It must be emphasized that this fundamental change of legal theory is by no means new. What we are facing today is a return to the views of the relationship between the state sovereignty and legal sources of the early 20th century, albeit in a totally different geo-political and economic setting. Raiser, even though being a proponent of a traditional positivistic view of the theory of legal sources, has summarized these views in his famous studies on general contract conditions as follows:
'Since it turns out to be impossible to qualify general contract conditions as parts of contracts or as parts of the traditional catalogue of the sources of objective law, the option remains to put into question the distinction between a legal norm and a legal transaction. Is the thinking correct that parties, in concluding a transaction, are merely setting a factual pattern, to which the law attributes or denies legal effect at its will? Aren't the parties themselves able to regulate their living conditions without the intermediation of the legal order of the state, thus creating law among themselves? . . .
From this perspective, the principle of party autonomy . . . means: Reluctance of the state and the legal system to intervene in the regulation of the legal relationships of private parties and instead, far reaching recognition of all specialized legal regimes, i.e. decentralization of lawmaking . . . It is not the decentralization of the creation of the law which displays a weakness of the state which is dangerous for legal life . . .

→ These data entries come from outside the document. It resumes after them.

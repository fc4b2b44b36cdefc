//! The scenario of one device of a capture, and of what a file says of it where the capture says nothing.

ghost use Rattle.std.specs.Prelude.{◌≡◌, ◌≤◌, IfOk, IfSome, length, true};
ghost use Rattle.std.specs.Io.KnownBytes.{Keeps};
ghost use Rattle.trace_io.specs.Input.{longest_input};
ghost use Rattle.trace_recorded.specs.DescribedText.{described_scenario};
ghost use Rattle.trace_main.specs.Described.{FindsDescribed, IsOfDevices, PerformsDescribed, TellsRefusal};
ghost use Rattle.trace_main.specs.Program.{BeginsRecorded};

use crate::program::status_of;
use std::alloc::Global;
use std::io::{Read, Write};
use trace_faults::TextReader;
use trace_io::{Fault, read_whole, write_bytes};
use trace_recorded::{DeviceChoice, RecordedScenario, described_scenario};
use trace_run::TaskEnd;

/// Prints the device that is meant, for who reads it. Nothing is printed where the capture isn't read or has no such device.
#[tactic(auto, using(crate::proofs::Begun::no_recorded, crate::proofs::OneDevice::described_refused))]
fn device<W: Write>(
    alloc: Global,
    reader: TextReader,
    choice: &DeviceChoice,
    capture: &[u8],
    out: &mut W,
) -> Result<TaskEnd, Fault>
    requires { length capture.now ≤ longest_input }
    ensures ends { PerformsDescribed reader choice.now capture.now (W.contents out.old) (W.contents out.new) result }
    ensures ending { IfOk result IsOfDevices }
    ensures begun { BeginsRecorded (described_scenario reader choice.now capture.now) (W.contents out.old) (W.contents out.new) }
{
    let RecordedScenario { text, has_devices } = described_scenario(
        alloc, reader, choice, capture,
    )?;
    write_bytes(out, text.as_slice())?;
    out.flush()?;
    if has_devices {
        return Ok(TaskEnd::Good);
    }
    Ok(TaskEnd::NoDevices)
}

/// Reads the capture and prints the device.
#[tactic(auto, using(crate::proofs::Begun::no_recorded))]
fn perform<R: Read, W: Write>(
    alloc: Global,
    reader: TextReader,
    choice: &DeviceChoice,
    input: &mut R,
    out: &mut W,
) -> Result<TaskEnd, Fault>
    ensures ends { IfSome (R.remaining input.old) (λ text. PerformsDescribed reader choice.now text (W.contents out.old) (W.contents out.new) result) }
    ensures ending { IfOk result IsOfDevices }
    ensures begun { IfSome (R.remaining input.old) (λ text. BeginsRecorded (described_scenario reader choice.now text) (W.contents out.old) (W.contents out.new)) }
{
    let text = read_whole(alloc, input)?;
    device(alloc, reader, choice, text.as_slice(), out)
}

/// Prints the device of a capture that is meant, and answers the status: 0, or 1 where it is left out, or the run ended early. However it
/// ends, what it wrote is a beginning of the text. Of a fault that ended it, the message stands on standard error, as far as that takes it.
#[tactic(auto, using(crate::proofs::OneDevice::described_status, crate::proofs::OneDevice::described_done, crate::proofs::OneDevice::described_quiet))]
pub fn described_devices<R: Read, W: Write, E: Write>(
    alloc: Global,
    reader: TextReader,
    choice: &DeviceChoice,
    input: &mut R,
    out: &mut W,
    err: &mut E,
) -> u8
    ensures status { result ≤ 1 }
    ensures done { result ≡ 0 → IfSome (R.remaining input.old) (λ text. FindsDescribed reader choice.now true text (W.contents out.old) (W.contents out.new)) }
    ensures quiet { result ≡ 0 → Keeps (E.contents err.old) (E.contents err.new) }
    ensures told { result ≡ 1 → TellsRefusal reader choice.now (R.remaining input.old) (W.contents out.old) (W.contents out.new) (E.contents err.old) (E.contents err.new) }
    ensures unfinished { IfSome (R.remaining input.old) (λ text. BeginsRecorded (described_scenario reader choice.now text) (W.contents out.old) (W.contents out.new)) }
{
    let ended = perform(alloc, reader, choice, input, out);
    status_of(ended, &[], err)
}
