//! The program's body, over any reader and writers.

ghost use Rattle.std.specs.Prelude.{◌≡◌, ◌≢◌, ◌≤◌, ◌⊎◌, ◌++◌, [], IfSome, IfErr, IfOk, Ok, OnOk, length};
ghost use Rattle.std.specs.Io.KnownBytes.{Keeps};
ghost use Rattle.trace_scenario.specs.Findings.{bad_lines};
ghost use Rattle.usb_scripttext.specs.Words.{words_of};
ghost use Rattle.trace_io.specs.CommandLine.{AreBad, AskFor, AskForHelp};
ghost use Rattle.clap.specs.Values.{kind_of};
ghost use Rattle.clap.specs.declared.error.kind.ErrorKind.TheVariants as ErrorKind;
ghost use Rattle.trace_io.specs.Faults.{message_of, IsOfRun};
ghost use Rattle.trace_io.specs.declared.fault.Fault.{Fault};
ghost use Rattle.trace_io.specs.Input.{longest_input};
ghost use Rattle.trace_io.specs.Output.{AppendsSome};
ghost use Rattle.trace_main.specs.Program.{status_of, AskForOther, AskForThreads, Begins, FindsUnexpected, IsAlone, IsSilentAtBad, IsThreaded, Performs, ReadsOther, TellsRest, TellsWhy};
ghost use Rattle.trace_main.specs.Source.{IsReadFirst, OfSource, Stands, text_in};
ghost use Rattle.trace_io.specs.declared.words.Task.{Task};
ghost use Rattle.trace_run.specs.declared.tasks.TaskEnd.TheVariants.{BadLines, Differs, NoDevices};
ghost use Rattle.trace_io.specs.declared.words.Task.TheVariants.{Capture, Check, Devices};

use crate::checked::report;
use crate::descriptor::{describe, device};
use crate::judged::{alone, entries, left, steps};
use crate::live::live;
use crate::picture::drawn;
use crate::recorded::devices;
use crate::source::{Opened, Source};
use crate::tested::run_test;
use crate::told::{explain, packets};
use clap::Error;
use clap::error::ErrorKind;
use std::alloc::Global;
use std::io::{Read, Write};
use trace_io::{Fault, Task, read_whole, read_words, write_bytes};
use trace_picture::Form;
use trace_run::{TaskEnd, capture_run};
use trace_scenario::Lined;
use trace_threads::Performer;

/// The status of a run that ended early, of a check that found bad lines, and of a capture without devices.
const FAILED: u8 = 1;

/// The status of bad words.
const BAD_WORDS: u8 = 2;

/// The status of a run that wrote something else than its scenario expects.
const UNEXPECTED: u8 = 3;

/// Runs the program on its words, of which the first is its name, and its input, and answers its status: 0, or 1 where
/// it ended early, a check found bad lines or a capture has no device that is kept, or 2 for bad words, or 3 where a run wrote something else than its scenario expects. However a task ends, what it wrote is a beginning of
/// its text. Of a fault that ended it, the message stands on standard error, as far as that takes it; and behind it, or alone, what
/// handles hadn't finished of a run in threads. Threads are the performer's.
pub fn trace<P: Performer, R: Read, W: Write, E: Write>(
    performer: &P,
    alloc: Global,
    words: &[&str],
    input: &mut R,
    out: &mut W,
    err: &mut E,
) -> u8
    requires ready { P.ready performer.now }
    ensures status { result ≤ 3 }
    ensures unexpected { result ≡ 3 → (task : Task) × AskFor (words_of words.now) task
        × IfSome (R.remaining input.old) (λ text. FindsUnexpected task text (W.contents out.old) (W.contents out.new)) }
    ensures done { result ≡ 0 → ((task : Task) × AskFor (words_of words.now) task
        × IfSome (R.remaining input.old) (λ text. TellsRest task text (W.contents out.old) (W.contents out.new) (E.contents err.old) (E.contents err.new)))
        ⊎ (AskForHelp (words_of words.now) × (input.new ≡ input.old)) }
    ensures quiet { result ≡ 0 → AskForThreads (words_of words.now) ⊎ Keeps (E.contents err.old) (E.contents err.new) }
    ensures refused { result ≡ 2 → AreBad (words_of words.now)
        × Keeps (W.contents out.old) (W.contents out.new) × (input.new ≡ input.old) }
    ensures silent { IfSome (R.remaining input.old) (λ text.
        IsSilentAtBad text (W.contents out.old) (W.contents out.new) ⊎ AskForHelp (words_of words.now)
        ⊎ AskForOther (words_of words.now)) }
    ensures bad { AskFor (words_of words.now) Check → IfSome (R.remaining input.old) (λ text. result ≡ 0 → OfSource text (λ src. bad_lines (text_in src) ≡ [])) }
    ensures unfinished { (task : Task) → AskFor (words_of words.now) task
        → IfSome (R.remaining input.old) (λ text. Begins task text (W.contents out.old) (W.contents out.new)) }
    ensures told { result ≡ 1 → TellsWhy (words_of words.now) (R.remaining input.old)
        (W.contents out.old) (W.contents out.new) (E.contents err.old) (E.contents err.new) }
    ensures judged { ((task : Task) × AskFor (words_of words.now) task) ⊎ (input.new ≡ input.old) }
{
    match read_words(alloc, words) {
        Ok(task) => {
            let mut notes = Vec::new(alloc);
            let ended = perform(performer, alloc, task, input, out, &mut notes);
            status_of(ended, notes.as_slice(), err)
        }
        Err(error) => answer(&error, out, err),
    }
}

/// The status of words that ask for no task: help is given where they ask for it; else it is said why not.
#[tactic(auto, using(crate::proofs::Begun::told_alone))]
fn answer<W: Write, E: Write>(error: &Error, out: &mut W, err: &mut E) -> u8
    ensures status { result ≤ 2 }
    ensures helped { result ≡ 0 → (kind_of error.now ≡ ErrorKind.DisplayHelp) × Keeps (E.contents err.old) (E.contents err.new) }
    ensures refused { result ≡ 2 → (kind_of error.now ≢ ErrorKind.DisplayHelp) × (kind_of error.now ≢ ErrorKind.OutOfMemory) }
    ensures silent { (kind_of error.now ≡ ErrorKind.DisplayHelp) ⊎ (out.new ≡ out.old) }
    ensures told { result ≡ 1 → (fault : Fault) × IsOfRun fault × AppendsSome (message_of fault) (E.contents err.old) (E.contents err.new) }
{
    match error.kind() {
        ErrorKind::OutOfMemory => status_of(Err(Fault::Memory), &[], err),
        ErrorKind::DisplayHelp => status_of(help(out, error), &[], err),
        _ => refuse(err, error),
    }
}

/// The status of a task that ended so. A fault is told, and the notes behind it, or alone where there is none.
pub fn status_of<E: Write>(ended: Result<TaskEnd, Fault>, notes: &[u8], err: &mut E) -> u8
    ensures status { result ≡ status_of ended }
    ensures noted { OnOk ended (AppendsSome notes.now (E.contents err.old) (E.contents err.new)) }
    ensures quiet { OnOk ended (notes.now ≡ [] → Keeps (E.contents err.old) (E.contents err.new)) }
    ensures told { IfErr ended (λ fault. AppendsSome (message_of fault ++ notes.now) (E.contents err.old) (E.contents err.new)) }
{
    match ended {
        Ok(TaskEnd::Good) => {
            tell_notes(notes, err);
            0
        }
        Ok(TaskEnd::BadLines | TaskEnd::NoDevices | TaskEnd::Differs) => {
            tell_notes(notes, err);
            FAILED
        }
        Ok(TaskEnd::Unexpected) => {
            tell_notes(notes, err);
            UNEXPECTED
        }
        Err(fault) => {
            if let Ok(()) = fault.tell(err) {
                tell_notes(notes, err);
            }
            FAILED
        }
    }
}

/// Tells the notes, if there are any. The status is the same where they can't be told.
fn tell_notes<E: Write>(notes: &[u8], err: &mut E)
    ensures told { AppendsSome notes.now (E.contents err.old) (E.contents err.new) }
    ensures quiet { notes.now ≡ [] → Keeps (E.contents err.old) (E.contents err.new) }
{
    if !notes.is_empty() {
        let _ = write_bytes(err, notes);
    }
}

/// Reads the input and does the task. What is to be told behind all else is put into the notes.
#[tactic(auto, using(crate::proofs::Begun::nothing_begun))]
fn perform<P: Performer, R: Read, W: Write>(
    performer: &P,
    alloc: Global,
    task: Task,
    input: &mut R,
    out: &mut W,
    notes: &mut Vec<u8>,
) -> Result<TaskEnd, Fault>
    requires ready { P.ready performer.now }
    requires none { notes.old.items ≡ [] }
    ensures ends { IfSome (R.remaining input.old) (λ text. Performs task text notes.new.items (W.contents out.old) (W.contents out.new) result) }
    ensures quiet { IsThreaded task ⊎ (notes.new.items ≡ []) }
    ensures alone { IfErr result (IsAlone notes.new.items) }
    ensures bad_lines { result ≡ Ok BadLines → notes.new.items ≡ [] }
    ensures no_devices { result ≡ Ok NoDevices → notes.new.items ≡ [] }
    ensures differs { result ≡ Ok Differs → notes.new.items ≡ [] }
    ensures silent { IfSome (R.remaining input.old) (λ text. ReadsOther task ⊎ IsSilentAtBad text (W.contents out.old) (W.contents out.new)) }
    ensures begun { IfSome (R.remaining input.old) (λ text. Begins task text (W.contents out.old) (W.contents out.new)) }
{
    let text = read_whole(alloc, input)?;
    match task {
        Task::Run => entries(alloc, text.as_slice(), out),
        Task::Steps => steps(alloc, text.as_slice(), out),
        Task::Packets { steps } => packets(alloc, steps, text.as_slice(), out),
        Task::Alone(h) => alone(alloc, text.as_slice(), h, out),
        Task::Live(rounds) => live(performer, alloc, text.as_slice(), rounds, out, notes),
        Task::Left => left(alloc, text.as_slice(), out),
        Task::Check => report(alloc, text.as_slice(), out),
        Task::Draw { from, to } => drawn(alloc, text.as_slice(), Form::Picture, from, to, out),
        Task::Page { from, to } => drawn(alloc, text.as_slice(), Form::Page, from, to, out),
        Task::Capture => capture(alloc, text.as_slice(), out),
        Task::Devices(reader) => devices(alloc, reader, text.as_slice(), out),
        Task::Explain => explain(alloc, text.as_slice(), out),
        Task::Test => run_test(alloc, text.as_slice(), out),
        Task::Device => device(alloc, text.as_slice(), out),
        Task::Describe => describe(alloc, text.as_slice(), out),
    }
}

/// Writes the run of a scenario as a capture.
#[tactic(auto, using(crate::proofs::Begun::nothing_of, crate::proofs::Words::silent_same, crate::proofs::Words::silent_of, crate::proofs::JudgedRuns::begins_said))]
fn capture_of<W: Write>(
    alloc: Global,
    source: &Source<'_>,
    first: Option<Lined<'_>>,
    out: &mut W,
) -> Result<TaskEnd, Fault>
    requires short { length source.now.given ≤ longest_input }
    requires stands { Stands source.now }
    requires first { IsReadFirst source.now first }
    ensures ends { Performs Capture source.now.given [] (W.contents out.old) (W.contents out.new) result }
    ensures silent { IsSilentAtBad source.now.given (W.contents out.old) (W.contents out.new) }
    ensures begun { Begins Capture source.now.given (W.contents out.old) (W.contents out.new) }
{
    let Lined {
        scenario,
        lines,
        devices,
    } = source.read(alloc, first)?;
    capture_run(alloc, scenario, devices.as_slice(), lines.as_slice(), out)
}

/// Writes the run of a text's scenario as a capture.
#[tactic(auto, using(crate::proofs::Begun::nothing_of, crate::proofs::Words::silent_same))]
fn capture<W: Write>(alloc: Global, text: &[u8], out: &mut W) -> Result<TaskEnd, Fault>
    requires { length text.now ≤ longest_input }
    ensures ends { Performs Capture text.now [] (W.contents out.old) (W.contents out.new) result }
    ensures silent { IsSilentAtBad text.now (W.contents out.old) (W.contents out.new) }
    ensures begun { Begins Capture text.now (W.contents out.old) (W.contents out.new) }
{
    let Opened { source, first } = Source::open(alloc, text)?;
    capture_of(alloc, &source, first, out)
}

/// Prints the help that the words ask for.
fn help<W: Write>(out: &mut W, error: &Error) -> Result<TaskEnd, Fault>
    ensures good { IfOk result (λ ending. ending ≡ TaskEnd.Good) }
    ensures fault { IfErr result (λ fault. IsOfRun fault) }
{
    write!(out, "{error}")?;
    out.flush()?;
    Ok(TaskEnd::Good)
}

/// Says why the words are bad. The status is the same where that can't be said.
fn refuse<E: Write>(err: &mut E, error: &Error) -> u8
    ensures { result ≡ 2 }
{
    let _ = write!(err, "{error}");
    BAD_WORDS
}
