//! The program `usbtrace` as a library: the scenario of an input is run by the core on rings, and its entries are
//! printed as they arise, or with their reasons, or drawn, or written as a capture; or it is run in threads, and what its
//! callbacks were told is printed; or it is checked and its bad lines are printed, or tested. Or the input is a capture, and what
//! its devices said is printed as a scenario, or a file of descriptors. The texts are those of docs/FORMATS.md.
//!
//! The one promise: what is printed is the text of the entries of the scenario that the input spells, or their capture, or
//! the scenario of the capture that the input is, or a beginning of it where the status isn't 0.
//!
//! # Files
//!
//! - `program.rt`, specs/Program: `trace`, over any reader and writers
//! - `source.rt`, specs/Source: the scenario that a text stands for, itself or as a test, and the numbers of its lines
//! - `live.rt`, `lived.rt`, specs/Lived: a scenario run in threads, and which lines it can't have; who performs it is handed in (`Performer` of
//!   `trace_threads`)
//! - `checked.rt`, `told.rt`, `tested.rt`, `picture.rt`: what is wrong with a scenario, and what its run refuses; its run with
//!   its reasons or its packets, as a test, and as a picture or a page
//! - `judged.rt`: a run, and behind it what it wrote that isn't as expected
//! - `recorded.rt`, `descriptor.rt`: the scenario of a capture; a device's lines and table
//! - `described.rt`, specs/Described: one device of a capture, and what a file says of it
//!
//! # Contracts
//!
//! A text that is a scenario's stands for itself, and any other for what its lines stand for in a test (`Stands`); a line is told by its
//! number in the text. Below, a text's scenario is the one that it stands for.
//!
//! - `trace`, status 0: the words asked for a task, the input is a scenario's text of at most 67,108,864 bytes, and
//!   what was written is, byte for byte, the lines of its run, these with the number and the text of its step's line
//!   before each (`run --steps`) or the packets that their steps moved below each (`run --packets`), those of one handle alone, what callbacks were told in a run of the definitions over
//!   its devices, all of it, by handle and number (`live`: in that run stand the calls of the scenario's lines, each
//!   handle's in their order, and no others, until nothing is left to be done, and each callback answers what the rule of one of its
//!   handle's submissions says, or has ended, since its resubmission was refused), what is left behind (`left`), or, of a check, the counts, and the lines that the run refuses, with
//!   the reasons; of `draw` no
//!   contract says what is written; of `capture` it is the file of its run's events, those of the text's `device` lines
//!   in front, each entry from its step's line (`capture_bytes`). Of `devices` the input is a capture of at most so
//!   many bytes, and what was written is the text of its scenario (`recorded_scenario` of `trace_recorded`), in which a
//!   device is kept. Of `explain` what was written are the lines of `run --steps` with the reasons of their steps (`explained_text` of
//!   `trace_explain`). Of `test` the input is a test, what came of it is that it is passed (`IsOutcome` of `trace_test`), and that was
//!   written; of `device` it is a file of descriptors, and the lines of its device were written (`device_text` of
//!   `trace_descriptor`); of `describe` and of a page, as of a picture, no contract says what is written. Or the words asked for help, and the input wasn't read. Nothing is on standard error
//! - `trace`, status 1: a check wrote a line with the number of each bad line, in order, of 1,000 at most, then how
//!   many more there are, if so, and then the counts, and nothing is on standard error; or under `devices` no device is
//!   kept, the text of the capture's scenario was written, and nothing is on standard error; or under `test` a line
//!   differs, that was written, and nothing is on standard error; or what is on standard error
//!   is a beginning of the message of a fault that fits: of a line, only where the words ask for no check and for no
//!   capture's devices, and it is the text's first bad line, of a test by its number there (under `live` an `expire` or `unplug` line is bad too); of an
//!   input that is too long, only where it is; of more callbacks than `live` may call, only where some run over the devices
//!   has more; of a picture with too many steps, only under `draw`; of a capture that is refused, only under `devices`, and
//!   only the fault that the definition has; of a descriptor, only under `device` and `describe`, and under `device` only that of the
//!   definition. Want of memory and a failed stream fit always
//! - `trace`, status 2: the words are bad; nothing is written on standard output, and the input isn't read
//! - `trace`, status 3: the words asked for `run`, `run --steps` or `left`, what that prints was written, and behind it, which isn't empty, what
//!   the run wrote that isn't as its scenario expects (`judged_text` of `trace_judged`). At status 0 such a run has none of that
//! - `trace`, any status: at a bad line, all but `check`, and those that read something else than a scenario (`test`, `devices`,
//!   `device`, `describe`), write nothing on standard output (help, where it is asked for, is written), and `check` doesn't answer 0. Where the words ask for
//!   no task the input isn't read. The status is 0 to 3. However a task ends, what it wrote is a beginning of its
//!   text: of the lines of the run, of those of the handle, of what callbacks were told in such a run, of what is left,
//!   of the check's report, of the run's capture, of the run with its reasons, of what came of a test, of a capture's
//!   scenario, or of a device's lines; and nothing where a capture or a device is refused
//! - `described_devices`, status 0: the input is a capture, and what was written is the text of the one device that is meant, with what a
//!   file says of it where the capture says nothing (`described_scenario` of `trace_recorded`), and nothing is on standard error; status 1:
//!   that device is left out, or the message of the fault that ended it is begun. A capture that is refused is never printed of
//! - `run_test`, `status_of`: what `trace` does with a test, and how it tells what ended a task and answers the status, for who tells more behind it
//! - within `trace_main`: `run`, `run --steps`, `alone` and `capture` print each line or record as the core comes to
//! it,   and keep no entry. A run that finds no memory prints the lines of a beginning of its entries (`PrintsTo`), or
//! the   file of a beginning of its events (`PrintsFile`), unless printing fails too. The fault that ended a task is
//! the   one whose message is begun, byte for byte (`status_of`)
//!
//! That a message isn't cut short can't be said of `trace`: of a `Write` that fails nobody but itself knows, and the
//! status is the same. For that reason too, want of memory told in place of another fault fits the clause of `trace`;
//! within, it doesn't fit that of `status_of`.
//!
//! What the words mean is said by clap's documented rules (specs/CommandLine). The clauses on bytes speak of readers
//! and writers whose bytes std's contracts know, as slices and `Vec`; of the process's own streams they know none.
//! `usbtrace` hands its words and streams to `trace`.
#![tactic(auto)]

mod checked;
mod described;
mod descriptor;
mod judged;
mod live;
mod lived;
mod picture;
mod program;
mod recorded;
mod source;
mod tested;
mod told;

pub use described::described_devices;
pub use program::{status_of, trace};
pub use tested::run_test;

The state may neither reach nor claim the position as the sole guarantor of the law. He need not be concerned with the thousand written and unwritten conventions within the various social groups of society, which are secured by them through moral force, as long as these groups do not develop into a political power factor . . . In empirical reality, the degree of dependence of the transaction from the recognition of the state depends upon political and economic factors and consequently, may vary from case to case, from decade to decade.'114
Similarly, Duguit adopted the notion of decentralized lawmaking and of the decreasing significance of the sovereign state in the theory of legal sources in the early 20th century. He emphasized that the proposition that law, being a command, was always a unilateral act and that law and agreement were two mutually exclusive terms and that therefore, there could be no such thing as laws existing by mere agreement, cannot be considered true in the modern state.115 Today, the effects of private ordering for the creation of norms by decentralized societal self-organization are verified by application of game theory and computer modelling techniques.116
Under the geo-political and economic factors of the globalizing economy at the beginning of the 21st century, the decreasing significance of territoriality and the creation of a 'global civil society', this view of decentralized lawmaking, developed for the domestic level, applies with even more force for the field of contemporary international commerce and trade.117 It finally opens the door for the acceptance of the lex mercatoria as an autonomous legal order. The dogmatic arguments which have been launched over the past forty years against the lex mercatoria 'are fading away'.118 Clive Schmitthoff has rightly stated in the early 1960s that the modern international trade law, when compared with the medieval lex mercatoria, has one great drawback: the modern concept of the nation state which originated a legal order of numerous municipal systems.119 Today, this notion of the nation state is subject to substantial change. The modern law merchant benefits from these developments. It appears as a 'spill over' of the complex institutional processes that are connected with the phenomenon of globalization.120 The modern international commercial contract is no longer the object of the application of domestic law but a genuine source of law. Absent any considerations of consumer protection, international trade and commerce constitute the ideal climate for the free development of contractual structures.121 It is not surprising that in view of the emergence of the 'New International Economics of International Transactions'122 economic theories also serve to explain the new law merchant.123
Various factors account for this development. The 'Anti-BGB tendency'124 which is inherent in these comprehensive contracts, their nature as part of a chain of similar contracts concluded by businessmen for the purpose of bringing about that particular transaction, the morality and mutual trust ('my word is my bond') of international business which turns the contractual promise into a categorical imperative,125 the presumed rationality of standard contracts and general contract conditions,126 the idea of the increased professional competence and responsibility of international businessmen,127 the compliance control through international arbitral tribunals which, just as the contractual agreement itself derive their authority from the will of the parties, the fine-tuning of comparative law into a 'transnational rules method'128 and the rule-making by international formulating agencies129 and private working groups all contribute to a comprehensive legal process which ultimately results in the normative force of the principles and rules which result from it.130 This autonomous law of international trade has the principal qualities which Benson has defined as the 'desirable characteristics' of the law merchant: 1) universal character, 2) flexibility and dynamic ability to grow, 3) informality and speed, 4) reliance on commercial custom and practice.131
The geo-political climate of transnationalism and the disappearing notions of state sovereignty and territoriality at the beginning of the 21st century all work towards the evolution of a global civil society. Legal, social and economic science alike are investigating ways to overcome the territorial limits of lawmaking and law enforcement at the global level and to ensure the decentralization of rule-making and society's active role as opposed to the state sovereign. These developments and the creation of a global market place provide the breeding ground for a modern theory of transnational business law.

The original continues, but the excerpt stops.